Depending on the integration approach, it may be useful to setup a staging database that sits between the source systems and the EMERSE Solr indexes. The primary use of this at Michigan Medicine is to store the documents as they are received from Epic as HL7 messages. They are not directly stored in Solr, even though Solr ultimately creates its own local copy once a documents is sent from the staging database to Solr.

Patient Integration

EMERSE requires that all patients referenced in documents exist in the Patient database table. At the University of Michigan, the Patient table is updated once per day (overnight) which coincides with the timing of indexing all new/changed notes (also once per day). The Solr indexing process does not require that this table be up to date, but the EMERSE system will need the MRNs to match between the PATIENT table and the Solr indexes for everything to work properly when users are on EMERSE.

Research Study Integration

EMERSE is often used to aid in research studies. While not required, there is a provision for users conducting research to select a research study they are associated with at the "Attestation Page" after successfully logging in. EMERSE then links that particular session with the study in the EMERSE audit logs. Loading your institutional IRB data into the research tables in EMERSE will enable it to show the studies that each user is associated with, that are not expired, and that have a valid status (e.g., Approved status).
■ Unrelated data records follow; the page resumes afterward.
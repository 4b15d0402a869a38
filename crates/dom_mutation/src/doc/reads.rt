//! What is read of a node, in its owner's trees.
ghost use Rattle.std.specs.Prelude.{◌≡◌, ℕ, ◌≤◌, true, false, count_by};
ghost use Rattle.std.specs.Option.{option_map, ForSome};
ghost use Rattle.dom_model.specs.Names.{name_eq};
ghost use Rattle.dom_model.specs.Tree.{nodes, kind_of, parent_of, length_of, index_of, has_node, is_document, root_of};
ghost use Rattle.dom_base.specs.declared.NodeName.{NodeName as Name};
ghost use Rattle.dom_base.specs.declared.Owner.{Owner as OwnerOf};
ghost use Rattle.dom_model.specs.World.{part_of, is_there, is_connected};
ghost use Rattle.dom_model.specs.CommandRefusals.{past_limit};
ghost use Rattle.dom_worlds.specs.Worlds.{IsPart};
ghost use Rattle.dom_mutation.specs.Doc.{name_in, owner_in, trees_in, HoldsNode};
ghost use Rattle.dom_slots.specs.Hosts.{HostsAreNodes};
ghost use Rattle.dom_slots.specs.Shadows.{shadows};
ghost use Rattle.dom_tree.specs.Forest.{IsNode, name_of};
ghost use Rattle.dom_mutation.specs.Hosting.{IsAlone, outermost_root};
ghost use Rattle.dom_mutation.specs.Ready.{IsReady};

use crate::Doc;
use dom_base::Kind;
use dom_slots::Slots;
use dom_tree::Forest;
use node_arena::Key;

impl Doc {
    /// Holds of every document: names tell the nodes apart, each node stands once in its owner's trees, an owner's steps
    /// do in its part what they do in a part alone, no owner has more nodes than it may, each node's owner is there, each owner's part
    /// is one as every world has it that is reached, and live ranges and shadow roots stand as they should (`IsReady`).
    pub fn laws(&self)
        ensures distinct { (j k : ℕ) → HoldsNode self.now j → HoldsNode self.now k → name_in self.now j ≡ name_in self.now k → j ≡ k }
        ensures once { (o : OwnerOf) (x : Name) → count_by (λ n. name_eq n.name x) (nodes (part_of self.now.world o).trees) ≤ 1 }
        ensures alone { (k : ℕ) → HoldsNode self.now k → IsAlone self.now.world (owner_in self.now k) }
        ensures limited { (o : OwnerOf) → past_limit (part_of self.now.world o).node_count 0 ≡ false }
        ensures present { (k : ℕ) → HoldsNode self.now k → is_there self.now.world (owner_in self.now k) ≡ true }
        ensures parts { (o : OwnerOf) → IsPart (part_of self.now.world o) }
        ensures stand { (k : ℕ) → HoldsNode self.now k → has_node (trees_in self.now k) (name_in self.now k) ≡ true }
        ensures ready { IsReady self.now }
    {
        self.parts.laws();
    }

    /// The kind of a node (DOM Standard, interface Node; own rule for a shadow root).
    pub fn kind(&self, node: Key) -> Kind
        requires { HoldsNode self.now node }
        ensures { result ≡ kind_of (trees_in self.now node) (name_in self.now node) }
    {
        self.parts.kind(node)
    }

    /// The number of code units of a Text or a Comment, and of another node that of its children, which are counted (DOM
    /// Standard, concept: length).
    pub fn length(&self, node: Key) -> usize
        requires { HoldsNode self.now node }
        ensures { result ≡ length_of (trees_in self.now node) (name_in self.now node) }
    {
        self.parts.length(node)
    }

    /// The place of a node among its parent's children (DOM Standard, concept: index).
    pub fn index(&self, node: Key) -> usize
        requires { HoldsNode self.now node }
        ensures { result ≡ index_of (trees_in self.now node) (name_in self.now node) }
    {
        let parts = &self.parts;
        parts.trees.forest.index(node)
    }

    /// Whether a node's shadow-including root is a document (DOM Standard, concept: connected). Above a node's root there are at most as
    /// many hosts as its owner is deep, so eight at most.
    pub fn is_connected(&self, node: Key) -> bool
        requires { HoldsNode self.now node }
        ensures { result ≡ is_connected self.now.world (name_in self.now node) }
    {
        let parts = &self.parts;
        parts.trees.forest.law_nodes_stand_once();
        let depth = parts.trees.forest.name(node).owner.depth();
        let root = outermost_root(&parts.trees.forest, &parts.trees.slots, node, depth);
        is_document(parts.trees.forest.kind(root))
    }

    /// The parent of a node, which a root has not (DOM Standard, concept: parent).
    pub fn parent(&self, node: Key) -> Option<Key>
        requires { HoldsNode self.now node }
        ensures value { option_map (name_in self.now) result ≡ parent_of (trees_in self.now node) (name_in self.now node) }
        ensures node { ForSome result (HoldsNode self.now) }
        ensures owner { ForSome result (λ k. owner_in self.now k ≡ owner_in self.now node) }
    {
        self.parts.parent(node)
    }
}

/// The root of a node's tree, or where that has a host the root of the host's tree, and so on, from host to host, so often at
/// most (DOM Standard, concept: shadow-including root).
fn outermost_root(forest: &Forest, slots: &Slots, node: Key, depth: u8) -> Key
    requires node_is_node { IsNode forest.now node }
    requires hosts { HostsAreNodes forest.now.names slots.now.hosts }
    ensures node { IsNode forest.now result }
    ensures value { name_of forest.now result ≡ outermost_root (shadows forest.now slots.now.hosts) depth
        (root_of forest.now.trees (name_of forest.now node)) }
{
    forest.law_nodes_stand_once();
    let mut root = forest.root(node);
    let mut left = depth;
    while left > 0 {
        let Some(host) = slots.host_of(root) else {
            return root;
        };
        root = forest.root(host);
        left -= 1;
    }
    root
}

/// Whether a kind is that of documents.
fn is_document(kind: Kind) -> bool
    ensures { result ≡ is_document kind }
{
    matches!(kind, Kind::Document)
}
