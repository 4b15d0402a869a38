//! Normalization (DOM Standard, normalize(); concept: contiguous exclusive Text nodes).
ghost use Rattle.std.specs.Prelude.{◌≡◌, OnOk};
ghost use Rattle.dom_model.specs.TextChanges.{normalizing};
ghost use Rattle.dom_model.specs.World.{part_of};
ghost use Rattle.dom_mutation.specs.Doc.{made, name_in, owner_in, HoldsNode};

use crate::Doc;
use crate::normalizing::{normalize_each, texts_below};
use crate::settling::given_up;
use node_arena::Key;
use std::alloc::AllocError;

impl Doc {
    /// Of the Texts below a node those without data leave, and each other one gets the data of the Texts directly after it,
    /// which leave (DOM Standard, normalize()). Nothing but memory stops it; then nothing is changed, or the document is given up: its keys
    /// name no nodes any more.
    pub fn normalize(&mut self, node: Key) -> Result<(), AllocError>
        requires node_is_node { HoldsNode self.old node }
        ensures names { OnOk result (self.new.names ≡ self.old.names) }
        ensures world { OnOk result (self.new.world ≡ made (owner_in self.old node) (normalizing (name_in self.old node)) self.old.world) }
    {
        self.parts.laws();
        let texts = texts_below(&self.parts, node)?;
        match normalize_each(&mut self.parts, node, texts.as_slice()) {
            Ok(()) => Ok(()),
            Err(error) => Err(given_up(&mut self.parts, error)),
        }
    }
}
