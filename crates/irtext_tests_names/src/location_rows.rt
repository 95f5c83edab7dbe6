//! What the definitions give for worked locations. Each function does nothing: its contract is a row that is computed.
ghost use Rattle.std.specs.Prelude.{◌≡◌, [], ◌∷◌, ◌++◌, codes, None, Some};
ghost use Rattle.irtext_base.specs.Answers.{Bad, Missing, Read};
ghost use Rattle.irtext_base.specs.Faults.{ALocation, Unexpected, Word};
ghost use Rattle.irtext_base.specs.Locations.{all_noted, call_site, fused, location, no_location, own, unknown};
ghost use Rattle.irtext_base.specs.Moves.{all_kept, all_under};
ghost use Rattle.irtext_base.specs.declared.location.Source.TheVariants.{File};
ghost use Rattle.irtext_tests_names.specs.LocationRows.{name_alone, nested, note_at, note_text, place, Says, two_as_one};
ghost use Rattle.irtext_grammar.specs.Readers.Locations.{location_at};
ghost use Rattle.irtext_grammar.specs.Promises.LocationsBack.{AllFit, AllRead};

/// Locations of each kind: the printed text of each, and that the whole text parses as it.
pub fn texts_of_locations()
    ensures file { Says (place (Some (codes "foo.mlir")) 42 7) (codes "\"foo.mlir\": line: 42, column: 7") }
    ensures escaped_file { Says (place (Some (codes "a\"b\\c.mlir")) 1 1)
        (codes "\"a\\\"b\\\\c.mlir\": line: 1, column: 1") }
    ensures memory { Says (place None 1 2) (codes "<in-memory>: line: 1, column: 2") }
    ensures name { Says (name_alone (codes "foo")) (codes "name: \"foo\", loc: (?)") }
    ensures escaped_name { Says (name_alone (codes "a\"b\\c\nd\te" ++ 127 ∷ []))
        (codes "name: \"a\\\"b\\\\c\\nd\\te\\u{7f}\", loc: (?)") }
    ensures several { Says (two_as_one None) (codes "fused[<in-memory>: line: 3, column: 4, ?]") }
    ensures with_metadata { Says (fused (Some (own tt)) no_location) (codes "fused<note>[]") }
    ensures call { Says (call_site unknown unknown) (codes "callsite(? at ?)") }
    ensures inside { Says nested (codes
        "callsite(name: \"f\", loc: (callsite(? at ?)) at fused<note>[<in-memory>: line: 3, column: 4, ?])") }
    ensures none { Says unknown (codes "?") }
{}

/// Where white space is allowed in a location, and where it is not: between `>` and `[`, and inside the parentheses of a name.
pub fn space_in_locations()
    ensures several { location_at note_at (codes "fused < note >[ ? , ? ] x")
        ≡ Read (fused (Some (own tt)) (location unknown (location unknown no_location)))
        (codes "fused < note >[ ? , ? ]") (codes " x") }
    ensures before_bracket { location_at note_at (codes "fused<note> [?]")
        ≡ Bad (Unexpected (Some 32) (Word (codes "["))) (codes "fused<note>") }
    ensures call { location_at note_at (codes "callsite ( ?  at  ? ) x")
        ≡ Read (call_site unknown unknown) (codes "callsite ( ?  at  ? ) ") (codes "x") }
    ensures in_parentheses { location_at note_at (codes "name: \"a\", loc: ( ?)")
        ≡ Bad (Unexpected (Some 32) ALocation) (codes "name: \"a\", loc: (") }
    ensures none { location_at note_at (codes "x") ≡ Missing (Unexpected (Some 120) ALocation) }
{}

/// A location with metadata that meets every premise of the law that it is parsed back.
pub fn premises_of_a_location()
    ensures { AllRead note_at note_text nested × AllFit nested }
{}

/// A location in a context that keeps one of its two paths: the other comes last, and each file is under its key there.
pub fn a_location_in_another_context()
    ensures paths { all_kept (codes "b" ∷ [])
        (call_site (place (Some (codes "a")) 1 2) (place (Some (codes "b")) 3 4)) ≡ codes "b"
        ∷ codes "a" ∷ [] }
    ensures keys { all_noted [] (all_under (codes "b" ∷ [])
        (call_site (place (Some (codes "a")) 1 2) (place (Some (codes "b")) 3 4)))
        ≡ File (record { index = 1 }) ∷ File (record { index = 0 }) ∷ [] }
{}
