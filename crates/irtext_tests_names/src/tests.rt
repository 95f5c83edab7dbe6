//! The tests of names over a graph and of the scopes of names, a file for each subject.
mod checks;
mod held;
mod memory;
mod model;
mod rowed;
mod rows;
mod scopes;
mod script;
mod steps;
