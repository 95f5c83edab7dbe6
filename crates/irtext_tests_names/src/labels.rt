//! What the definitions give for the labels of blocks. Each function does nothing: its contract is a row that is computed.
ghost use Rattle.std.specs.Prelude.{◌≡◌, ℕ, List, [], ◌∷◌, codes, None, Some};
ghost use Rattle.irtext_tests_names.specs.Labels.Demo.{demo, isolated};
ghost use Rattle.irtext_tests_names.specs.Located.{text_locations, up_to_bracket};
ghost use Rattle.irtext_tests_names.specs.Graphs.{two_branches};
ghost use Rattle.irtext_tests_names.specs.Labels.Graphs.{a_and_b, b_and_x, block_with_x, block_z, entry_and_c0, function_with_entry, z_alone};
ghost use Rattle.irtext_tests_names.specs.Labels.Trees.{block_a, branches_as_read, built, built_block, label_is, label_refused, marked_block, marked_nop};
ghost use Rattle.irtext_tests_names.specs.Sections.{for_item};
ghost use Rattle.irtext_tests_names.specs.Trees.{at, marked};
ghost use Rattle.irtext_grammar.specs.Grammar.Forest.{no_operations};
ghost use Rattle.irtext_grammar.specs.Grammar.Section.{direct, of_once, reference};
ghost use Rattle.irtext_grammar.specs.Grammar.Tree.{ident, own};
ghost use Rattle.irtext_grammar.specs.Graphs.Build.{build};
ghost use Rattle.irtext_grammar.specs.Graphs.Closed.{Closed, Fit};
ghost use Rattle.irtext_grammar.specs.Graphs.Identifiers.{HasIdentifiers};
ghost use Rattle.irtext_grammar.specs.Graphs.Regained.{Named};
ghost use Rattle.irtext_grammar.specs.Graphs.ReservedKeys.{GraphKeepsKeys};
ghost use Rattle.irtext_grammar.specs.Graphs.RoundTrip.{GraphHeld};
ghost use Rattle.irtext_grammar.specs.Graphs.Same.{SmallGraph, resolved_root};
ghost use Rattle.irtext_grammar.specs.Graphs.Represents.{Distinct, Represents};
ghost use Rattle.irtext_grammar.specs.Names.Acts.{failures_of};
ghost use Rattle.irtext_grammar.specs.Spelling.Section.{text};
ghost use Rattle.irtext_grammar.specs.Spelling.SectionEntries.{SmallSection};

/// A labelled block is marked, also if its location is unknown and no attribute is outlined; one without a label is not.
pub fn a_labelled_entry()
    ensures { text demo entry_and_c0 function_with_entry 0 2 None
        ≡ codes "builtin.module @bar \n{\n  ^block1v1():\n    builtin.func @foo: builtin.function <()->(builtin.integer si64)> \n    {\n      ^entry_block2v1() !0:\n        c0_v0 = test.constant builtin.integer <0: si64>: builtin.integer si64 !1;\n        test.return c0_v0\n    }\n}\n\noutlined_attributes:\n!0 = [builtin_block_label = builtin.identifier entry]\n!1 = [builtin_given_names = builtin.given_names [c0]]\n" }
{}

/// Two labelled blocks with locations.
pub fn two_labels()
    ensures { text demo a_and_b two_branches 0 2 None
        ≡ codes "builtin.module @m \n{\n  ^a_block1v1() !0:\n    test.br ^b_block3v1 !1\n\n  ^b_block3v1() !2:\n    test.br ^a_block1v1 !3\n} !4\n\noutlined_attributes:\n!0 = @[<in-memory>: line: 1, column: 21], [builtin_block_label = builtin.identifier a]\n!1 = @[<in-memory>: line: 1, column: 27], []\n!2 = @[<in-memory>: line: 1, column: 38], [builtin_block_label = builtin.identifier b]\n!3 = @[<in-memory>: line: 1, column: 44], []\n!4 = @[<in-memory>: line: 1, column: 1], []\n" }
{}

/// A label comes before the outlined attributes.
pub fn a_label_first()
    ensures { text demo b_and_x block_with_x 0 2 None
        ≡ codes "builtin.module @m \n{\n  ^b_block1v1(x_v0: builtin.integer si64) !0:\n    test.use x_v0 !1\n} !2\n\noutlined_attributes:\n!0 = @[<in-memory>: line: 1, column: 21], [builtin_block_label = builtin.identifier b, builtin_given_names = builtin.given_names [x]]\n!1 = @[<in-memory>: line: 1, column: 50], []\n!2 = @[<in-memory>: line: 1, column: 1], []\n" }
{}

/// An entry's label replaces the parsed one, and is printed. Without an entry the parsed one stays.
pub fn a_label_of_an_entry()
    ensures resolves { failures_of isolated marked_block
        (for_item 56 0 (label_is 62 (direct (ident (codes "z"))) ∷ []) ∷ []) ≡ [] }
    ensures label { built marked_block (for_item 56 0 (label_is 62 (direct (ident (codes "z"))) ∷ []) ∷ [])
        ≡ built_block (codes "z") [] [] }
    ensures without_entry { built marked_block [] ≡ built_block (codes "a") [] [] }
    ensures is_printed { text demo z_alone block_z 0 2 None
        ≡ codes "builtin.module @m \n{\n  ^z_block1v1() !0:\n    test.nop !1\n} !2\n\noutlined_attributes:\n!0 = @[<in-memory>: line: 1, column: 21], [builtin_block_label = builtin.identifier z]\n!1 = @[<in-memory>: line: 1, column: 30], []\n!2 = @[<in-memory>: line: 1, column: 1], []\n" }
{}

/// A label is given by a reference too; the later of two counts; other attributes are stored, and the label is not.
pub fn labels_of_entries()
    ensures by_reference { built marked_block
        (for_item 56 0 (label_is 62 (reference (marked 84 7)) ∷ [])
        ∷ of_once (marked 90 7) (ident (codes "z")) ∷ []) ≡ built_block (codes "z") [] [] }
    ensures later { built marked_block (for_item 56 0
        (label_is 62 (direct (ident (codes "y"))) ∷ (at 70 (codes "k"), direct (own (codes "s")))
        ∷ label_is 75 (direct (ident (codes "z"))) ∷ []) ∷ [])
        ≡ built_block (codes "z") ((codes "k", own (codes "s")) ∷ []) [] }
    ensures of_an_operation { built marked_nop
        (for_item 56 0 (label_is 62 (direct (own (codes "s"))) ∷ []) ∷ [])
        ≡ built_block (codes "a") [] ((codes "builtin_block_label", own (codes "s")) ∷ []) }
    ensures is_ordinary_there { failures_of isolated marked_nop
        (for_item 56 0 (label_is 62 (direct (own (codes "s"))) ∷ []) ∷ []) ≡ [] }
{}

/// In a block's entry a label that is no identifier is an error at its key, also by a reference; in its dictionary any label is an error.
pub fn refused_labels()
    ensures in_an_entry { failures_of isolated (block_a None (Some (marked 26 0)) no_operations)
        (for_item 53 0 (label_is 59 (direct (own (codes "s"))) ∷ []) ∷ []) ≡ label_refused 59 }
    ensures by_reference { failures_of isolated marked_block
        (for_item 56 0 (label_is 62 (reference (marked 84 7)) ∷ []) ∷ of_once (marked 90 7) (own (codes "s"))
        ∷ []) ≡ label_refused 62 }
    ensures in_a_dictionary { failures_of {X = List ℕ} isolated
        (block_a (Some ((at 27 (codes "builtin_block_label"), ident (codes "z")) ∷ [])) None no_operations) []
        ≡ label_refused 27 }
{}

/// A root that meets every premise of the law that names and labels are parsed back, and that corresponds to what its text builds.
pub fn premises_of_labels()
    ensures premises { HasIdentifiers a_and_b two_branches × Fit a_and_b isolated two_branches
        × SmallGraph a_and_b isolated two_branches × GraphKeepsKeys two_branches
        × GraphHeld up_to_bracket text_locations two_branches × Closed a_and_b isolated two_branches
        × SmallSection a_and_b two_branches × Named a_and_b two_branches }
    ensures represented { (failures_of {X = List ℕ} isolated branches_as_read [] ≡ [])
        × Represents (resolved_root a_and_b isolated two_branches)
        (build {X = List ℕ} isolated (λ (place : ℕ). codes "first") [] branches_as_read)
        × Distinct a_and_b isolated two_branches }
{}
At the University of Michigan we use a commercial IRB tracking system (Click Commerce). A subset of the data from this system are moved to a data warehouse every night, and we extract a subset of data from that warehouse to bring into EMERSE for validation of users to studies. A Pentaho Data Integrator job, external to EMERSE, copies this subset to the research study tables in EMERSE, nightly.

If there are large delays in updating the RESEARCH_STUDY tables, it can delay users access to EMERSE, since the study will not appear in the attestation screen for the user to select. There is also a chance that a user could still be permitted to be approved for use on a study even if the study was revoked (again because of the delay introduced by nightly refreshes).

LDAP integration

EMERSE can be configured to use LDAP for user authentication. At this time, however, EMERSE authorization can not be done exclusively with LDAP - only users in the LOGIN_ACCOUNT table can access EMERSE even when LDAP is enabled. This was done intentionally so that accounts could be provisioned/revoked on a manual basis, pending review. The configuration guide provides details on changing settings that will enable LDAP authentication.